Ingrams’ Apostle Supper Club transports downtown diners to Palm Springs circa 1960
Saint Paul has another option for upscale dining with the opening of the Apostle Supper Club on the ground floor of a new apartment building at Kellogg Boulevard and West Seventh Street. The 400-seat restaurant is the most ambitious undertaking to date for Brian and Sarah Ingram’s Purpose Driven Restaurants, which also owns Hope Breakfast Bar off West Seventh, the Gnome on Selby Avenue and the Apostle Supper Club atop the Radisson Hotel in Duluth.
“This is something new for the Twin Cities,” Ingram said of the Apostle and its 1960s Palm Springs supper club atmosphere.
No ordinary eatery
The Apostle’s expansive dining room is laid out with several seating arrangements, including upholstered booths big enough for small groups, counter seating overlooking the kitchen, a sunken living room with a fireplace at its center, a piano bar, and the False Eye Doll Lounge tiki bar.
The furnishings are done in colors that were popular in the 1960s, such as turquoise and coral. The windows are blacked out to help patrons forget where they are, Ingram said. Come spring, an outdoor patio is planned with another 400 seats for diners.
Entrees from $40-$14
Ingram is excited to be offering the kind of food he formerly prepared as a chef at major restaurants in New York and Chicago. Many of the menu items come in large portions that are intended for sharing. Among the entrées in the $40 price range are the Tomahawk pork chop, the halibut with white wine butter sauce and caviar, the Manhattan strip steak, and the chicken-fried lobster.
A menu more suited to the budget-conscious is available in the tiki bar. It includes Hawaiian chicken salad, fried Spam tacos and a chili dog, all for under $14. Some retro items are available, including shrimp cocktails and ice cream cakes. Ingram also plans to introduce special chef dinners on Tuesday nights, featuring the creations of out-of-town chefs on occasion.

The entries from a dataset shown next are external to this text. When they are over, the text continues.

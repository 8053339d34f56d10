// Reads a model from standard input and prints its answer and region: 900 rows, 256 records and a budget of 100,000 are lent.
#![tactic(auto)]

use attempts::Answer;
use rows::{Row, Set};
use std::io;
use std::io::Write;

fn main(rt: HostRuntime) -> io::Result<()> {
    // one byte more than a model may have, so that a longer input is seen to be longer
    let mut input = [0u8; 65537];
    let n = streams::read_full(&mut rt.stdin(), &mut input)?;
    run(&mut rt.stdout(), &input[..n])
}

fn run<W: Write>(writer: &mut W, input: &[u8]) -> io::Result<()> {
    let mut first = [0i32; Set::NUMBERS];
    let mut second = [0i32; Set::NUMBERS];
    let mut rows = [0i32; 900 * Row::NUMBERS];
    let mut result = [0i32; Set::NUMBERS];
    let a = zimbralosa::from_hex_here(
        input,
        &mut first,
        &mut second,
        &mut rows,
        &mut result,
        100_000,
    );
    print(writer, a, &result)
}

// The answer's lines. A count that the result store has no room for, which no run gives, would print nothing.
fn print<W: Write>(writer: &mut W, a: Answer, res: &[i32]) -> io::Result<()> {
    if Set::ROWS < a.rows || res.len() < a.rows * Row::NUMBERS {
        return Ok(());
    }
    let mut out = [0u8; 16384];
    let count = frames::write_answer(
        a.outcome, a.states, a.attempts, a.formed, res, a.rows, &mut out,
    );
    match count.and_then(|n| out.get(..n)) {
        Some(lines) => writer.write_all(lines),
        None => Ok(()),
    }
}
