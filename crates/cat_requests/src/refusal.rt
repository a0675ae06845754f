//! Why a request is refused.
ghost use Rattle.std.specs.Prelude.{◌≡◌};
ghost use Rattle.cat_requests.specs.Refusals.{input_refusal, query_refusal};

use cat_feed::change::Since;
use cat_inputs::fault::InputFault;
use cat_model::types::Counter;
use cat_query::fault::QueryFault;
use std::alloc::{AllocError, AllocFailed};

/// The methods of a path.
#[derive(Clone, Copy, Debug, Drop, PartialEq, Eq)]
pub enum Methods {
    /// GET and HEAD.
    Reads,
    /// GET, HEAD and DELETE.
    ReadsAndDeletes,
    /// POST.
    Posts,
    /// PUT and DELETE.
    PutsAndDeletes,
}

/// Why a request is refused.
#[derive(Clone, Copy, Drop)]
pub enum Refusal {
    /// A browser sends the message, and its page may not ask this here.
    Origin,
    /// No path fits, or a piece of the path is no text.
    Route,
    /// The path has other methods.
    Method(Methods),
    /// There is no entity so named, or the name is malformed.
    Entity,
    /// Nothing is on the shelf under this name.
    Shelf,
    /// The name of a provider or on the shelf is malformed, missing, or stands twice.
    Name,
    /// The body is no UTF-8.
    Text,
    /// This text of a list, counted from 0, names no entity.
    Reference(usize),
    /// The body isn't what is asked for.
    Input(InputFault),
    /// The parameters are no query.
    Query(QueryFault),
    /// The query names no facet.
    Facet,
    /// The place from which changes are asked is malformed, or stands twice.
    Place,
    /// The place isn't kept any more; the first place that is.
    Gone(Since),
    /// The place wasn't reached yet; the feed's place.
    Ahead(Since),
    /// The serial is below the last one.
    OldSerial(u64),
    /// The stored input would have so many bytes.
    TooLarge(u64),
    /// The counter is at its end.
    Spent(Counter),
    /// A settle was cut after so many events, where the counter is at its end.
    CutByCounter(u64, Counter),
    /// A settle was cut after so many events, for want of memory.
    CutByMemory(u64),
    /// A settle was cut after so many events, since what follows them couldn't be kept.
    CutByKeeper(u64),
    /// The feed has no numbers left.
    SpentFeed,
    /// The desk answered what isn't asked of it.
    Reply,
    /// What would change couldn't be kept: the keeper failed.
    Keeper,
    /// Want of memory.
    NoMemory,
}

/// The refusal of a body that isn't what is asked for.
pub fn input_refusal(fault: InputFault) -> Refusal
    ensures { result ≡ input_refusal fault }
{
    match fault {
        InputFault::NoMemory => Refusal::NoMemory,
        _ => Refusal::Input(fault),
    }
}

/// The refusal of parameters that are no query.
pub fn query_refusal(fault: QueryFault) -> Refusal
    ensures { result ≡ query_refusal fault }
{
    match fault {
        QueryFault::NoMemory => Refusal::NoMemory,
        _ => Refusal::Query(fault),
    }
}

impl From<AllocError> for Refusal {
    ghost use Rattle.std.specs.Prelude.{◌≡◌};
    ghost use Rattle.cat_requests.specs.declared.refusal.Refusal.TheVariants.{NoMemory};

    ghost from_gives = { λ _ e. e ≡ NoMemory };

    fn from(_refused: AllocError) -> Refusal {
        Refusal::NoMemory
    }
}

impl<T: Drop> From<AllocFailed<T>> for Refusal {
    ghost use Rattle.std.specs.Prelude.{◌≡◌};
    ghost use Rattle.cat_requests.specs.declared.refusal.Refusal.TheVariants.{NoMemory};

    ghost from_gives = { λ _ e. e ≡ NoMemory };

    fn from(_refused: AllocFailed<T>) -> Refusal {
        Refusal::NoMemory
    }
}
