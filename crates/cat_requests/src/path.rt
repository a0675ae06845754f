//! Paths, and what they name.
ghost use Rattle.std.specs.Prelude.{◌≡◌, ◌⊎◌, option_map, IfOk, IfErr, Ok, Err};
ghost use Rattle.cat_requests.specs.Paths as spec;

use crate::refusal::Refusal;
use crate::routes::{Fixed, Route, Routes};
use cat_inputs::form::Form;
use cat_page::file::{File, file_at};
use cat_tree::text::Text;
use percent_encoding::{DecodeError, percent_decode};
use std::alloc::Global;

/// What a path names, with its pieces as texts.
#[derive(Drop)]
pub enum Resource {
    /// A path without pieces.
    Fixed(Fixed),
    /// An entity by its unique id.
    ByUid(Text),
    /// An entity by kind, namespace and name.
    ByName(Text, Text, Text),
    /// A provider's name, and the form of its mutations.
    Mutation(Text, Form),
    /// A file of the page.
    Page(File),
}

// What stands before the first slash and after it, if there is one.
fn halves(text: &str) -> Option<(&str, &str)>
    ensures { option_map (λ p. (p.0.now, p.1.now)) result ≡ spec.halves text.now }
{
    match text.split_once('/') {
        Some((first, rest)) => Some((first, rest)),
        None => None,
    }
}

// What stands before the first slash, or the whole text.
fn front(text: &str) -> &str
    ensures { result.now ≡ spec.front text.now }
{
    match halves(text) {
        Some((first, _)) => first,
        None => text,
    }
}

// What follows the first slash; nothing where there is none.
fn behind(text: &str) -> &str
    ensures { result.now ≡ spec.behind text.now }
{
    match halves(text) {
        Some((_, rest)) => rest,
        None => "",
    }
}

// The text that a piece stands for.
fn decoded(alloc: Global, piece: &str) -> Result<Text, Refusal>
    ensures ok { IfOk result (λ t. spec.decoded piece.now ≡ Ok t) }
    ensures err { IfErr result (λ e. (spec.decoded piece.now ≡ Err e) ⊎ (e ≡ Refusal.NoMemory)) }
{
    match percent_decode(piece.as_bytes()).decode_utf8(alloc) {
        Ok(text) => Ok(Text::from_string(text.into_owned(alloc)?)),
        Err(DecodeError::OutOfMemory) => Err(Refusal::NoMemory),
        Err(DecodeError::Utf8(_)) => Err(Refusal::Route),
    }
}

fn name_in(alloc: Global, pieces: &str) -> Result<Resource, Refusal>
    ensures ok { IfOk result (λ r. spec.name_in pieces.now ≡ Ok r) }
    ensures err { IfErr result (λ e. (spec.name_in pieces.now ≡ Err e) ⊎ (e ≡ Refusal.NoMemory)) }
{
    let kind = decoded(alloc, front(pieces))?;
    let namespace = decoded(alloc, front(behind(pieces)))?;
    let name = decoded(alloc, front(behind(behind(pieces))))?;
    Ok(Resource::ByName(kind, namespace, name))
}

// What a path with this route names.
fn named(alloc: Global, route: Route, path: &str) -> Result<Resource, Refusal>
    ensures ok { IfOk result (λ r. spec.named_by route path.now ≡ Ok r) }
    ensures err { IfErr result (λ e. (spec.named_by route path.now ≡ Err e) ⊎ (e ≡ Refusal.NoMemory)) }
{
    let pieces = behind(behind(path));
    match route {
        Route::Fixed(fixed) => Ok(Resource::Fixed(fixed)),
        Route::Mutation(form) => Ok(Resource::Mutation(decoded(alloc, front(pieces))?, form)),
        Route::ByUid => Ok(Resource::ByUid(decoded(alloc, front(behind(pieces)))?)),
        Route::ByName => name_in(alloc, behind(pieces)),
    }
}

// What a path with this route names; none is refused.
fn routed(alloc: Global, route: Option<Route>, path: &str) -> Result<Resource, Refusal>
    ensures ok { IfOk result (λ r. spec.resource_by route path.now ≡ Ok r) }
    ensures err { IfErr result (λ e. (spec.resource_by route path.now ≡ Err e) ⊎ (e ≡ Refusal.NoMemory)) }
{
    match route {
        Some(route) => named(alloc, route, path),
        None => Err(Refusal::Route),
    }
}

/// What a path names: a file of the page, or what its route says. It is `Route` where no route fits, or where the percent escapes
/// of a piece don't decode to UTF-8.
pub fn resource_of(alloc: Global, routes: &Routes, path: &str) -> Result<Resource, Refusal>
    ensures ok { IfOk result (λ r. spec.resource_of path.now ≡ Ok r) }
    ensures err { IfErr result (λ e. (spec.resource_of path.now ≡ Err e) ⊎ (e ≡ Refusal.NoMemory)) }
{
    match file_at(path.as_bytes()) {
        Some(file) => Ok(Resource::Page(file)),
        None => routed(alloc, routes.route_of(path), path),
    }
}
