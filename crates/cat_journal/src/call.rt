//! What a keeper is asked for, and what it answered.
use cat_keeper::keeper::{Committed, Loaded};
use cat_keeper::rows::Batch;

/// What a keeper is asked for.
#[derive(Drop)]
pub enum Order {
    /// The rows.
    Load,
    /// To make the changes of a batch.
    Commit(Batch),
}

/// A call of a keeper, with its answer.
#[derive(Drop)]
pub enum Call {
    Load(Loaded),
    Commit(Batch, Committed),
}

The Apostle boasts a comprehensive list of contemporary cocktails along with such classics as the grasshopper, the brandy alexander and the old-fashioned. The tiki bar has a variety of tropical-themed drinks made with rum, fresh fruit juices and house-made syrups. A martini cart with all of the trimmings is wheeled up tableside for patrons who want to watch their libations being prepared to order. The restaurant also has a sizable spirit-free drink list.
Downtown welcomes the Apostle
The Apostle has been welcomed by downtown restaurateurs and tourism officials. “We’re super-excited for Brian and his team,” said Joe Spencer, president of the Saint Paul Downtown Alliance. “It’s cool because it’s a brand new addition created from scratch.”
Jaimee Hendrikson of the Visit Saint Paul convention and visitors bureau predicted the Apostle will attract its share of patrons who come downtown for Minnesota Wild games or concerts and plays at the Xcel Energy Center, the Ordway, Park Square and History theaters and other venues.
“Brian (Ingram) has been very successful,” said Richard Dobransky, president of Morrissey Hospitality, which manages the Saint Paul Hotel and Saint Paul Grill and Momento restaurants. “If he can bring more people downtown, let’s do it. It’s great to have another option for upscale dining.”
Business is picking up
The workforce in downtown Saint Paul has yet to return to its prepandemic levels. However, Momento has been doing pretty good dinner business, Dobransky said. The casual restaurant, which is in the space formerly occupied by Pazzaluna, plans to add breakfast in January, he said.
Business has also been picking up at Noyes & Cutler, the upscale restaurant that opened in July in the former Public Bar & Kitchen space near Mears Park, according to general manager Jorge Robertson.
Although Noyes & Cutler specializes in steak and other high-end items, Robertson does not call it fine dining but rather “polished casual.” It plans to begin serving lunch soon, Robertson said, and then to reopen the Green Lantern nightclub on the lower level with live music, stand-up comedy and open-mic nights.